Work through the data below and copy out every line where "SettingFault" is found.

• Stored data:
★ ★ ★ ★ ★ ★ ★

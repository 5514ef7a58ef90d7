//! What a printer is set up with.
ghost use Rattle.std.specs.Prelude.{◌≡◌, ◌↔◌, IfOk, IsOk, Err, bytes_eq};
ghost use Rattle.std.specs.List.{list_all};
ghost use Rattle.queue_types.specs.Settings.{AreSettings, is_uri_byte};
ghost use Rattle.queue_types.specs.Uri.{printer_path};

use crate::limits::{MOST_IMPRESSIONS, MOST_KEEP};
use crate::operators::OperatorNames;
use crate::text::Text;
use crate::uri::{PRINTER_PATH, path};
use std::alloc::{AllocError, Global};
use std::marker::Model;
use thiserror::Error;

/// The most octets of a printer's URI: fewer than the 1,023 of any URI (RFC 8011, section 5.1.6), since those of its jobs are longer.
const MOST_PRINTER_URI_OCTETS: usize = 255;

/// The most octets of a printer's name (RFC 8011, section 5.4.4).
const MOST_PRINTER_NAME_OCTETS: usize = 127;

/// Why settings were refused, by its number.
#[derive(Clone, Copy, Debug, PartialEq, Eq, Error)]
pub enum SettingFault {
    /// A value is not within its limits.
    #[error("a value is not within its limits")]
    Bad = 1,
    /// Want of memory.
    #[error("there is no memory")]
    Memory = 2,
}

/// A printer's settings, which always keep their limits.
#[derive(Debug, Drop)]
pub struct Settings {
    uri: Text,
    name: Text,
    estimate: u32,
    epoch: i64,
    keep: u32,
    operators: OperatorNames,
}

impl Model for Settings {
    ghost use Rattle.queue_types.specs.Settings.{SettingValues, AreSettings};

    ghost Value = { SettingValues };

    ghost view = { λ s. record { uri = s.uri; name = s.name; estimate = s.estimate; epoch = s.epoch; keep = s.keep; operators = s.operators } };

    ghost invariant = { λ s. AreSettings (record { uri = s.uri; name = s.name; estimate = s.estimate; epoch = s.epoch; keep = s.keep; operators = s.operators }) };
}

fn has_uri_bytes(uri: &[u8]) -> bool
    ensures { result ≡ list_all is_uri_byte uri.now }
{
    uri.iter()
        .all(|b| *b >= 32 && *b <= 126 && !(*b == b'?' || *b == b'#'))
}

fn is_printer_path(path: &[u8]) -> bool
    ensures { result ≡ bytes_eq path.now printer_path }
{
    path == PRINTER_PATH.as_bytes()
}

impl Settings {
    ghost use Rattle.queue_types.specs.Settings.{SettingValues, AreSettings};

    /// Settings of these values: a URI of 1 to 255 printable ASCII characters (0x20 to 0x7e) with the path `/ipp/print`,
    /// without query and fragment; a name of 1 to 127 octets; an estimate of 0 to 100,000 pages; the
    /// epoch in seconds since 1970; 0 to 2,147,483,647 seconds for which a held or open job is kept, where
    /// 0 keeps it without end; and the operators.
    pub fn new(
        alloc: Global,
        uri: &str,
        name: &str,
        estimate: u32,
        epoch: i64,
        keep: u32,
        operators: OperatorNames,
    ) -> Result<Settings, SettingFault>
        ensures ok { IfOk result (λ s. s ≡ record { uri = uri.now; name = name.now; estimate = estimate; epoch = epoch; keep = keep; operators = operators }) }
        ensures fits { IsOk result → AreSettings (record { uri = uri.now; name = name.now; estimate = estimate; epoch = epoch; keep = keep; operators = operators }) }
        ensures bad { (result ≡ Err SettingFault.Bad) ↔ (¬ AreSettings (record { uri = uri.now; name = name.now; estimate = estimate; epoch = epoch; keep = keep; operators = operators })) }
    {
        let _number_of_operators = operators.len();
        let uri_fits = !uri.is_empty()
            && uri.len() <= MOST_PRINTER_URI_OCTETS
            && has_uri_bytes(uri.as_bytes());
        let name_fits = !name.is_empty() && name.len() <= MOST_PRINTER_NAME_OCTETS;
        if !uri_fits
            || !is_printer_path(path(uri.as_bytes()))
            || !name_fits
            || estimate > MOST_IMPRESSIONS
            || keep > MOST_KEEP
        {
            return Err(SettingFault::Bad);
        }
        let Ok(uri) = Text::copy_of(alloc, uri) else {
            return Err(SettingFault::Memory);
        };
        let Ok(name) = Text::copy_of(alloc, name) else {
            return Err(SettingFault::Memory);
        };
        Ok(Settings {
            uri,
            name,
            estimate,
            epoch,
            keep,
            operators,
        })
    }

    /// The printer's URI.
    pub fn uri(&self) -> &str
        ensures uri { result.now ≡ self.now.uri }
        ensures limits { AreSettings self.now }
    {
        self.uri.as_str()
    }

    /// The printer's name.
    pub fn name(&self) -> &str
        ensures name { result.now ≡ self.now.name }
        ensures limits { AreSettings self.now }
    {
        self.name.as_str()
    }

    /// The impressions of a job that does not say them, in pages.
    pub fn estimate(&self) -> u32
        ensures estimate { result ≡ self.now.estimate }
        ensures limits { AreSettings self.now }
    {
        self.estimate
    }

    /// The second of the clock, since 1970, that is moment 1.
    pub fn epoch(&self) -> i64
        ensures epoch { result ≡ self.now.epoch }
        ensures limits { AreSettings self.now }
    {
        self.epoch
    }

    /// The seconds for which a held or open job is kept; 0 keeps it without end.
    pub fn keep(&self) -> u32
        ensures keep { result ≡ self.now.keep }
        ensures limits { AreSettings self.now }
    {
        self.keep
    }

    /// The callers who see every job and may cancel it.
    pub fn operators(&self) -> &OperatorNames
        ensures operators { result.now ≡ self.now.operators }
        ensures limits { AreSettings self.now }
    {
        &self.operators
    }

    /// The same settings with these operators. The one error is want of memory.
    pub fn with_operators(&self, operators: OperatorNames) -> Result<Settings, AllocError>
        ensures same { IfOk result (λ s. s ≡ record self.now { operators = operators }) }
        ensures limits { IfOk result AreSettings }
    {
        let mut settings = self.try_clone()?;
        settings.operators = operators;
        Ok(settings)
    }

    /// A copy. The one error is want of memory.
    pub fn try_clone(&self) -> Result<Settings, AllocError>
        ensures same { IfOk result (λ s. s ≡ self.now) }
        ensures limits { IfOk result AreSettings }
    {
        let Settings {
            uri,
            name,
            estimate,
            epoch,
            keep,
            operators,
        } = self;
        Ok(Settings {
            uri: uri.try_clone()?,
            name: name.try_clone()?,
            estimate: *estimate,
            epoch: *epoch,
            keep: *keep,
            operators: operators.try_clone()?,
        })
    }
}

★ ★ ★ ★ ★ ★ ★

• THE ANSWER:
pub enum SettingFault {
    ) -> Result<Settings, SettingFault>
        ensures bad { (result ≡ Err SettingFault.Bad) ↔ (¬ AreSettings (record { uri = uri.now; name = name.now; estimate = estimate; epoch = epoch; keep = keep; operators = operators })) }
            return Err(SettingFault::Bad);
            return Err(SettingFault::Memory);
            return Err(SettingFault::Memory);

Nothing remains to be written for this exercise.